>>>
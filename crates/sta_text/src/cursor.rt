//! A place in a text, which gives the text's tokens one by one.

ghost use Rattle.std.specs.Prelude.{◌≡◌, ◌<◌, ◌∷◌, [], ℕ, List, length, MatchOption};
ghost use Rattle.timing_defs.specs.declared.texts.Style.{Style};
ghost use Rattle.sta_text.specs.Tokens.{tok_of, tokens_of, Follow};

use crate::pieces::{Context, front};
use crate::token::Token;
use std::marker::Model;
use timing_defs::{Sort, Style};

/// A place in a text. Contracts see it as the list of the tokens that are left.
///
/// Every style passes over space, tab and carriage return (but see Tcl). A byte that no token of the
/// style may have is a token of sort `Bad` by itself, and ends a word before it. A string or comment
/// that the text does not close is one `Bad` token up to the text's end. `Sort::Mark` is one byte.
///
/// - Liberty: words, strings in quotes (which may hold line ends, and of which a backslash escapes
///   none), the marks `( ) { } : ; ,`, and line feeds as line ends. Comments `/* */` end a word,
///   unless behind a backslash, and their line ends are none. A backslash at a line's end is passed
///   over with that end; any other is a byte of a word.
/// - Verilog: identifiers and keywords; escaped identifiers, of which the text keeps the backslash;
///   numbers with their base, as `1'b0`, which begin with a digit; every other graphic byte is a
///   mark. Line feeds are white space. Comments `//` and `/* */`, attributes `(* *)`, and lines
///   whose first byte is a backquote are passed over.
/// - Tcl: a line feed, or a carriage return and a line feed, is a line's end; a carriage return
///   alone is `Bad`. `;` is a mark, and ends a word, a list and brackets, as a line's end does. The
///   marks `{ } [ ]` stand where a word may begin. In a list every word ends before a brace; in
///   brackets a word ends before the bracket that balances; elsewhere braces and brackets within a
///   word are bytes of it, as quotes and backslashes are everywhere. In a list `[` begins a word.
///   A `#` where a command may begin is a comment, up to a line's end without a backslash before it.
///   A backslash at a line's end is passed over with that end.
/// - SPEF: words, and strings in quotes where a word may begin. Line feeds are white space. Comments
///   `//` and `/* */` begin also within a word, unless behind a backslash.
/// - Script: words of graphic bytes, and line feeds as line ends. A carriage return is `Bad`.
///   Comments are the reader's.
#[derive(Drop)]
pub struct Cursor<'a> {
    style: Style,
    context: Context,
    at: usize,
    rest: &'a [u8],
}

impl<'a> Model for Cursor<'a> {
    ghost use Rattle.std.specs.Prelude.{List, ◌+◌, ◌<◌, ◌^◌, length};
    ghost use Rattle.sta_text.specs.Tokens.{Tok, tokens};

    ghost Value = { List Tok };

    ghost view = { λ c. tokens c.style 0 c.context c.at c.rest.now };

    ghost invariant = { λ c. c.at + length c.rest.now < 2 ^ 64 };
}

impl<'a> Cursor<'a> {
    /// The begin of a text. Takes no memory.
    pub fn new(bytes: &'a [u8], style: Style) -> Cursor<'a>
        ensures { result ≡ tokens_of style bytes.entry.now }
    {
        Cursor {
            style,
            context: Context::Fresh,
            at: 0,
            rest: bytes,
        }
    }

    /// Takes the next token; none exactly where no token is left. Takes no memory.
    #[tactic(auto, using(crate::proofs::TokensLemmas::skipped), unfolding(crate::specs::Tokens::tokens))]
    pub fn next(&mut self) -> Option<Token<'a>>
        ensures { MatchOption result ((self.old ≡ []) × (self.new ≡ []))
            (λ t. self.old ≡ tok_of t ∷ self.new) }
    {
        while let Some((first, behind)) = self.rest.split_first() {
            let piece = front(self.style, self.context, *first, behind);
            let (text, rest) = self.rest.split_at(piece.more + 1);
            let start = self.at;
            self.at = start + text.len();
            self.context = piece.context;
            self.rest = rest;
            if let Some(sort) = piece.sort {
                return Some(Token {
                    text,
                    start,
                    end: self.at,
                    sort,
                });
            }
        }
        None
    }
}

/// The tokens of a text are slices of it, none is empty, and none begins before the one before it
/// has ended.
#[tactic(auto, using(crate::proofs::OrderLemmas::in_order))]
pub fn tokens_in_order()
    ensures { (style : Style) (bytes : List ℕ) → Follow 0 bytes (tokens_of style bytes) }
{}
<<<
# [TASK REQUIREMENTS]
Reproduce verbatim the lines above, from the line with "if let Some(sort)" through the line with "pub fn tokens_in_order()".

# [SOLUTION TO THIS TASK]
            if let Some(sort) = piece.sort {
                return Some(Token {
                    text,
                    start,
                    end: self.at,
                    sort,
                });
            }
        }
        None
    }
}

/// The tokens of a text are slices of it, none is empty, and none begins before the one before it
/// has ended.
#[tactic(auto, using(crate::proofs::OrderLemmas::in_order))]
pub fn tokens_in_order()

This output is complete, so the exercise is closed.